(EXERCISE INPUT)
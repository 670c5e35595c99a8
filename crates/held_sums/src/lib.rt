// Sums of products of polynomials modulo X^N + 1 and modulo a prime. They are held in the transform domain, so that one way back serves
// for many rows.
#![tactic(auto)]

ghost use Rattle.std.specs.Prelude.{◌≡◌, suc, ◌*◌, ◌^◌, ◌≤◌, length};
ghost use Rattle.torus.specs.Sum.{chunk};
ghost use Rattle.torus.specs.Bytes.{words};
ghost use Rattle.ring.specs.Polynomial.{coefficients, log};
ghost use Rattle.butterflies.specs.Butterflies.{Below};
ghost use Rattle.ntt.specs.Transforms.{Leaves};
ghost use Rattle.residues.specs.Residues.{residues, Within};
ghost use Rattle.held_sums.specs.Sums.{More, MoreRow, Columns, Places, OneMore};

use ntt::Plan;
use twiddles::Prime;

// The domain of transforms modulo a prime, which is so large that words have residues below 4·p.
#[derive(Clone, Copy)]
struct Domain<'a> {
    plan: Plan<'a>,
    ghost big: { 4294967296 ≤ 6 * plan.tables.p },
}

// The leaves of the polynomial whose words are s.
fn transform(f: &mut [u32], s: &[u8], domain: &Domain)
    requires { (let t = domain.now.plan.tables in (length f.old ≡ 2 ^ t.n) × (length s.now ≡ 4 * 2 ^ t.n)) }
    ensures { (let t = domain.now.plan.tables in
        Leaves t.p t.n t.roots.now (residues t.p (coefficients (words s.now))) f.new × Below t.p f.new) }
{
    residues::lift_words(f, s, domain.plan.tables.p);
    ntt::forward(f, &domain.plan.tables);
}

// To the sums, the leaves f times those of the words of b, which are made in g.
fn add_column(sums: &mut [u64], g: &mut [u32], f: &[u32], b: &[u8], domain: &Domain)
    requires { (let t = domain.now.plan.tables in Within 15 sums.old × Below t.p f.now × (length sums.old ≡ 2 ^ t.n)
        × (length g.old ≡ 2 ^ t.n) × (length f.now ≡ 2 ^ t.n) × (length b.now ≡ 4 * 2 ^ t.n)) }
    ensures { (let t = domain.now.plan.tables in More t.p t.n t.roots.now f.now (words b.now) sums.old sums.new) }
{
    transform(g, b, domain);
    residues::accumulate(sums, f, g);
}

// The same for each of the k + 1 polynomials of row, one after another in sums.
fn add_columns(sums: &mut [u64], g: &mut [u32], f: &[u32], row: &[u8], k: usize, domain: &Domain)
    requires { (let t = domain.now.plan.tables in Within 15 sums.old × Below t.p f.now × (length sums.old ≡ suc k * 2 ^ t.n)
        × (length g.old ≡ 2 ^ t.n) × (length f.now ≡ 2 ^ t.n) × (length row.now ≡ 4 * (suc k * 2 ^ t.n))) }
    ensures { (let t = domain.now.plan.tables in
        Columns t.n k (λ d. More t.p t.n t.roots.now f.now (chunk (2 ^ t.n) d (words row.now))) sums.old sums.new) }
{
    let size = f.len();
    for c in 0..k + 1 {
        let at = c * size;
        let from = 4 * at;
        add_column(
            &mut sums[at..at + size],
            g,
            f,
            &row[from..from + 4 * size],
            domain,
        );
    }
}

// To each of the k + 1 sums, small times the same polynomial of row. f and g are room.
fn add_row_in(
    sums: &mut [u64],
    f: &mut [u32],
    g: &mut [u32],
    small: &[u8],
    row: &[u8],
    k: usize,
    domain: &Domain,
)
    requires { (let t = domain.now.plan.tables in Within 15 sums.old × (length sums.old ≡ suc k * 2 ^ t.n)
        × (length f.old ≡ 2 ^ t.n) × (length g.old ≡ 2 ^ t.n) × (length small.now ≡ 4 * 2 ^ t.n) × (length row.now ≡ 4 * (suc k * 2 ^ t.n))) }
    ensures { (let t = domain.now.plan.tables in
        Columns t.n k (λ d. MoreRow t.p t.n t.roots.now (words small.now) (chunk (2 ^ t.n) d (words row.now))) sums.old sums.new) }
{
    transform(f, small, domain);
    add_columns(sums, g, f, row, k, domain);
}

// One row more: to each of the k + 1 sums that are held modulo a prime, small times the same polynomial of row. There is room for
// sixteen rows. sums, k and n go side by side, here and in what calls this: a struct that lends the sums would have each function say
// besides that it hands the same reference back.
pub fn add_row(sums: &mut [u64], small: &[u8], row: &[u8], k: usize, n: usize, prime: Prime)
    requires { Places n k sums.old × Within 15 sums.old × (length small.now ≡ 4 * n) × (length row.now ≡ 4 * (suc k * n)) }
    ensures { OneMore prime (log n) n k (words small.now) (words row.now) sums.old sums.new }
{
    let domain = Domain {
        plan: twiddles::plan(prime, ring::exponent(n)),
    };
    let mut f = [0u32; 1024];
    let mut g = [0u32; 1024];
    add_row_in(sums, &mut f[0..n], &mut g[0..n], small, row, k, &domain);
}
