//! Step equations of the definitions that search: what they give after an event, by what they gave before it.

ghost use Rattle.bbm_events.specs.Heading.{Heading};
ghost use Rattle.bbm_rules.specs.Claims.{Trust};
ghost use Rattle.bbm_histories.specs.ContentLaws.{HeldAfter};
ghost use Rattle.bbm_histories.specs.HolderLaws.{TagsAfter};
ghost use Rattle.bbm_histories.specs.PatternLaws.{PatternsAfter};

use crate::below::below;

/// What is seen, half and cleansed after an event, and which TLBIs wait for their answers, by the event and by what was
/// so before it. The law is `PatternsAfter`.
pub fn law_pattern_steps()
    ensures { (heading : Heading) → PatternsAfter heading }
{}

/// What a place holds after an event, by what it held before: a valid write makes it hold the value, an init of its
/// page nothing; a DSB leaves it the last valid value unless the place is then cleansed at every PE; any other event
/// leaves it as it was. The law is `HeldAfter`.
pub fn law_held_step()
    ensures { (heading : Heading) (trust : Trust) → HeldAfter heading trust }
{
    below();
}

/// Which tags wait to be taken away after an event, by the event and by what was so before it; and a DSB takes a tag
/// away where it answers what waits and the tag isn't readable then. The law is `TagsAfter`.
pub fn law_tag_steps()
    ensures { (heading : Heading) → TagsAfter heading }
{}
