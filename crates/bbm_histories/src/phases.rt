//! The phase of a place by the words that have step equations.

ghost use Rattle.bbm_events.specs.Heading.{Heading};
ghost use Rattle.bbm_rules.specs.Claims.{Trust};
ghost use Rattle.bbm_histories.specs.ContentLaws.{PhaseByParts};

/// The phase of a place at a PE, in every history: clean where its page is in no tree, and where it holds nothing; and
/// where it holds something, live where its value is valid, and else by what is cleansed, half and seen since its last
/// valid write. The law is `PhaseByParts`.
pub fn law_phase_parts()
    ensures { (heading : Heading) (trust : Trust) → PhaseByParts heading trust }
{}
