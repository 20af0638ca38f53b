//! Step equations of roots, fresh pages and readable values.

ghost use Rattle.std.specs.Prelude.{◌≡◌, ℕ, List, [], ◌∷◌, map};
ghost use Rattle.bbm_regimes.specs.declared.regime.Kind.{Kind};
ghost use Rattle.bbm_events.specs.Heading.{Heading};
ghost use Rattle.bbm_events.specs.declared.event.Event.{Event};
ghost use Rattle.bbm_rules.specs.Claims.{Trust};
ghost use Rattle.bbm_rules.specs.Roots.{is_root, root_at};
ghost use Rattle.bbm_rules.specs.Values.{readable_before};
ghost use Rattle.bbm_histories.specs.ValueSteps.{is_root_after, readable_writes, root_after};
ghost use Rattle.bbm_histories.specs.PositionLaws.{FreshByEvent};

use crate::below::below;

/// The root of a page after an event, and whether it is one of a kind, in every history: a `root` of the page is it, an
/// `unroot` of the page takes it away, and any other event leaves it. The call does nothing; the law is its contract.
pub fn law_root_step()
    ensures root { (e : Event) (h : List Event) (page : ℕ) → root_at (e ∷ h) page ≡ root_after page e (root_at h page) }
    ensures of_kind { (e : Event) (h : List Event) (kind : Kind) (page : ℕ) →
        is_root (e ∷ h) kind page ≡ is_root_after kind page e (is_root h kind page) }
{}

/// Which pages are fresh after an event that breaks no rule: a page in which it attaches a node isn't; of any other
/// page an init makes it so, a `null` ends it, and other events leave it. The law is `FreshByEvent`.
pub fn law_fresh_step()
    ensures { (heading : Heading) (trust : Trust) → FreshByEvent heading trust }
{
    below();
}

/// The readable values of a place at a PE are those of a list that goes from event to event, in every history: a write
/// puts its value in front, an init of the page leaves a zero, and a DSB that publishes to the PE drops what is older
/// than the newest value that its own PE wrote. The call does nothing; the law is its contract.
pub fn law_readable_step()
    ensures { (heading : Heading) (h : List Event) (place p : ℕ) → readable_before heading [] h place p
        ≡ map (λ w. w.value) (readable_writes heading place p h) }
{}
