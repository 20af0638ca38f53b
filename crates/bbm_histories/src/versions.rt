//! What two versions of the log's language have in common.

ghost use Rattle.std.specs.Prelude.{◌≡◌, false, List};
ghost use Rattle.bbm_events.specs.Heading.{Heading};
ghost use Rattle.bbm_events.specs.declared.event.Event.{Event};
ghost use Rattle.bbm_rules.specs.Broken.{keeps};
ghost use Rattle.bbm_rules.specs.Claims.{Trust};
ghost use Rattle.bbm_rules.specs.Lists.{any};
ghost use Rattle.bbm_histories.specs.Versions.{in_version, sets_bit_0, verdict_of};

/// A log without bit 0 in any value that an `msr` gives to a register keeps the rules under a header of version 1
/// exactly where it does under the same header of version 2 without `cnp`; its verdicts are the same. The call does
/// nothing; the law is its contract.
#[tactic(auto, using(crate::proofs::VersionLaw::laws))]
pub fn law_version()
    ensures keeps_alike { (heading : Heading) (trust : Trust) (h : List Event) → any sets_bit_0 h ≡ false →
        keeps (in_version 1 heading) trust h ≡ keeps (in_version 2 heading) trust h }
    ensures judges_alike { (heading : Heading) (trust : Trust) (h : List Event) → any sets_bit_0 h ≡ false →
        verdict_of (in_version 1 heading) trust h ≡ verdict_of (in_version 2 heading) trust h }
{}
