//! Laws of the trees, and of what their places hold.

ghost use Rattle.std.specs.Prelude.{◌≡◌, true};
ghost use Rattle.bbm_events.specs.Heading.{Heading, heading_ok};
ghost use Rattle.bbm_rules.specs.Claims.{Trust};
ghost use Rattle.bbm_histories.specs.TreeChanges.{Proper};
ghost use Rattle.bbm_histories.specs.ContentLaws.{AttachedTables, EmptiedAtOnce, FrozenView, HeldChanges, LimboIsEmpty, LowerLeaves};
ghost use Rattle.bbm_histories.specs.ContentLaws.{MappedAfter, TablesAreClean};
ghost use Rattle.bbm_histories.specs.PositionLaws.{OnePosition, SingleNode, TreeAfter};

use crate::below::below;

/// In a history that keeps the rules, a page has at most one node in the trees: so it has one root, one kind, one
/// level, one region and one place above it. The law is `SingleNode`.
pub fn law_one_node()
    ensures { (heading : Heading) (trust : Trust) → SingleNode heading trust }
{
    below();
}

/// A heading that a header can say is proper. The law is the contract.
pub fn law_proper()
    ensures { (heading : Heading) → heading_ok heading ≡ true → Proper heading }
{
    below();
}

/// The tree after an event that breaks no rule is that before it, with what the event attaches, or without what it
/// takes out. The law is `TreeAfter`.
pub fn law_tree_step()
    ensures { (heading : Heading) (trust : Trust) → TreeAfter heading trust }
{
    below();
}

/// In a history that keeps the rules, a page that comes into a tree is attached by the event and was fresh just before;
/// one of a tree keeps its node until it is in no tree, after a DSB or an `unroot` of its root; it isn't fresh then,
/// until its next `init`; and no `init` names a page of a tree. The law is `OnePosition`.
pub fn law_one_position()
    ensures { (heading : Heading) (trust : Trust) → OnePosition heading trust }
{
    below();
}

/// In a history that keeps the rules, what a place of a tree holds changes by a valid write of it, from nothing or from
/// a value of the same core; by a DSB, to nothing; and by nothing else while its page stays in the tree. The law is
/// `HeldChanges`.
pub fn law_held_changes()
    ensures { (heading : Heading) (trust : Trust) → HeldChanges heading trust }
{
    below();
}

/// In a history that keeps the rules under version 5, a place of a tree that holds something isn't both above at every PE
/// and a table below which nothing is held. The law is `EmptiedAtOnce`.
pub fn law_emptied_at_once()
    ensures { (heading : Heading) (trust : Trust) → EmptiedAtOnce heading trust }
{
    below();
}

/// In a history that keeps the rules, before an event that came after the last valid write of a place of a tree, and
/// after a PE had seen the place, the place was at the same node and held the same value. The law is `FrozenView`.
pub fn law_frozen_view()
    ensures { (heading : Heading) (trust : Trust) → FrozenView heading trust }
{
    below();
}

/// In a history that keeps the rules, where the table that a place of a tree holds was childless before an event that
/// came after the last valid write of the place, and after a PE had seen the place, it is childless still. The law is
/// `LimboIsEmpty`.
pub fn law_limbo_is_empty()
    ensures { (heading : Heading) (trust : Trust) → LimboIsEmpty heading trust }
{
    below();
}

/// In a history that keeps the rules, no place of a tree of the lower range holds a leaf for every ASID. The law is
/// `LowerLeaves`.
pub fn law_lower_leaves()
    ensures { (heading : Heading) (trust : Trust) → LowerLeaves heading trust }
{
    below();
}

/// In a history that keeps the rules under `isolated`, each page of a tree is clean, and was so since its last init. An
/// event that breaks no other rule breaks the one on table pages exactly where after it some page of a tree isn't
/// clean. The law is `TablesAreClean`.
pub fn law_tables_are_clean()
    ensures { (heading : Heading) (trust : Trust) → TablesAreClean heading trust }
{
    below();
}

/// Which pages are mapped, and which are clean, after an event that breaks no rule, by those before it and by the pages
/// over which the event puts a leaf. The law is `MappedAfter`.
pub fn law_mapped_step()
    ensures { (heading : Heading) (trust : Trust) → MappedAfter heading trust }
{
    below();
}

/// Which pages an event makes table pages, and over which it puts a leaf, by the nodes that it attaches. The law is
/// `AttachedTables`.
pub fn law_attached_tables()
    ensures { (heading : Heading) (trust : Trust) → AttachedTables heading trust }
{
    below();
}
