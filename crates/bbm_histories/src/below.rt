//! What the crates below prove, gathered for the proofs here.

ghost use Rattle.bbm_events.specs.Heading.{Heading};
ghost use Rattle.bbm_rules.specs.Claims.{Trust};
ghost use Rattle.bbm_histories.specs.BelowHistories.{Below};

use bbm_descriptor::laws::{
    law_core_where_valid, law_no_need_of_equal_cores, law_same_core_is_equal,
};
use bbm_rules::{
    law_attaching, law_childless, law_each_rule, law_equality_tests, law_global_user, law_half,
    law_held, law_last_valid, law_limbo, law_mapped, law_notes, law_notes_keep_the_events,
    law_paths, law_published, law_readable_tag, law_readable_value, law_root, law_root_pages,
    law_seen, law_table_mapped, law_tag_held, law_tag_kept, law_tag_rules, law_tree,
};

/// The laws that the laws here stand on.
pub(crate) fn below()
    ensures { (heading : Heading) (trust : Trust) → Below heading trust }
{
    law_attaching();
    law_childless();
    law_core_where_valid();
    law_each_rule();
    law_equality_tests();
    law_global_user();
    law_half();
    law_held();
    law_last_valid();
    law_limbo();
    law_mapped();
    law_no_need_of_equal_cores();
    law_notes();
    law_notes_keep_the_events();
    law_paths();
    law_published();
    law_readable_tag();
    law_readable_value();
    law_root();
    law_root_pages();
    law_same_core_is_equal();
    law_seen();
    law_table_mapped();
    law_tag_held();
    law_tag_kept();
    law_tag_rules();
    law_tree();
}
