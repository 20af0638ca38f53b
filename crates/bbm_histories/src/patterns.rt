//! Laws of publications, answers and the patterns that cleanse.

ghost use Rattle.std.specs.Prelude.{◌≡◌, ℕ, ◌⊎◌, List, ◌∷◌};
ghost use Rattle.bbm_events.specs.Heading.{Heading};
ghost use Rattle.bbm_rules.specs.Claims.{Trust};
ghost use Rattle.bbm_rules.specs.Cleansing.{half};
ghost use Rattle.bbm_rules.specs.Notes.{Noted};
ghost use Rattle.bbm_rules.specs.PatternSentences.{HalfBy, OneStep, Publication, TwoSteps};
ghost use Rattle.bbm_rules.specs.Reach.{Issued};
ghost use Rattle.bbm_histories.specs.PatternLaws.{AlikeUnderCnp, PatternsStay};

use crate::below::below;
use bbm_rules::law_last_valid;

/// While no event ends the last valid write of a place, it stays, and so does each pattern after it, with the positions
/// of its events. The law is `PatternsStay`.
pub fn law_patterns_stay()
    ensures { (heading : Heading) (trust : Trust) → PatternsStay heading trust }
{
    law_last_valid();
}

/// In every history: a publication that wasn't there before an event is by that event, and so is the last answer of a
/// pattern that wasn't there. So none begins but by a DSB. The call does nothing; the law is its contract.
pub fn law_patterns_begin()
    ensures publication { (heading : Heading) (place p : ℕ) (n : Noted) (since : List Noted) (b : Noted) →
        Publication heading place p (n ∷ since) b → Publication heading place p since b ⊎ (b ≡ n) }
    ensures half { (heading : Heading) (place p : ℕ) (n : Noted) (since : List Noted) (b : Noted) (t : Issued Noted)
        (d : Noted) → HalfBy heading place p (n ∷ since) b t d → HalfBy heading place p since b t d ⊎ (d ≡ n) }
    ensures one_step { (heading : Heading) (trust : Trust) (place p : ℕ) (n : Noted) (since : List Noted) →
        (k : OneStep heading trust place p (n ∷ since)) → OneStep heading trust place p since ⊎ (k.d ≡ n) }
    ensures two_steps { (heading : Heading) (trust : Trust) (place p : ℕ) (n : Noted) (since : List Noted) →
        (k : TwoSteps heading trust place p (n ∷ since)) → TwoSteps heading trust place p since ⊎ (k.d2 ≡ n) }
{}

/// Under `cnp` all PEs are alike: what is published to one is published to each, by the same DSB; a TLBI that reaches
/// one reaches each; so a place is seen and half at all PEs, by the same events, and what flushes it at one flushes it
/// at each. The law is `AlikeUnderCnp`.
pub fn law_uniform()
    ensures { (heading : Heading) → AlikeUnderCnp heading }
{
    below();
}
(End EXERCISE INPUT)
TRY IT =
From the records above, retype only the lines starting at the line that contains "here stand on." and ending at the line that contains "law_limbo();", both included.

TASK SOLUTION =
/// The laws that the laws here stand on.
pub(crate) fn below()
    ensures { (heading : Heading) (trust : Trust) → Below heading trust }
{
    law_attaching();
    law_childless();
    law_core_where_valid();
    law_each_rule();
    law_equality_tests();
    law_global_user();
    law_half();
    law_held();
    law_last_valid();
    law_limbo();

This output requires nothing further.